Do you know of any articles or have any advice on how to make a marriage work after one has left the church and the other is absolutely staying in it?  I actually wanted a divorce after leaving the church and trying to make my marriage work for 2 years. My husband didn't want to divorce.  We are now separated and trying to "work it out". I worry that if we get back together his little hints of wanting me to come back will start again and I know I can't live with my beliefs being disrespected while I am supposed to respect his. Ugh! Please anyone, I really need some advice here.  Thank you and thank you Mike for this great post.  I try to live my life in this way. Sometimes it is hard when you feel squashed by the judging that goes on but it really is the way I find peace and happiness.  I just wish it didn't bother me so much when I don't get that respect in return.  
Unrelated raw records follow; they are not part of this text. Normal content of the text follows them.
//! Transfers of many pieces as lines say them: their values, their forms, and reading them.
//!
//! `vis_at` reads a strided or an indexed transfer and makes its plan, and `vis_form` tells whether a line has the
//! words of one (`VisLines`).
#![tactic(auto)]

mod vis;
mod vis_forms;
mod vis_lines;

pub use vis::{BoxedVis, Levels, SegmentRanges, VisShape, VisText, VisWords};
pub use vis_forms::VisForm;
pub use vis_lines::{vis_at, vis_form};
Comment by c smith on October 7, 2013 at 12:39pm

The issue you speak of (family  and social bonds) is precisely what makes lds attractive to non-mormons, esp like me who never raised a family, got older and found I'd fallen for the lies of feminism and now it is all too late to have a traditional family.  In many ways I could care less about lds mythology and whether it is true or not.  What kept me from jumping into lds was a palpable lack of sincerety and a feeling of going through the motions of life rather than truly being engaged.  still afloat all these years.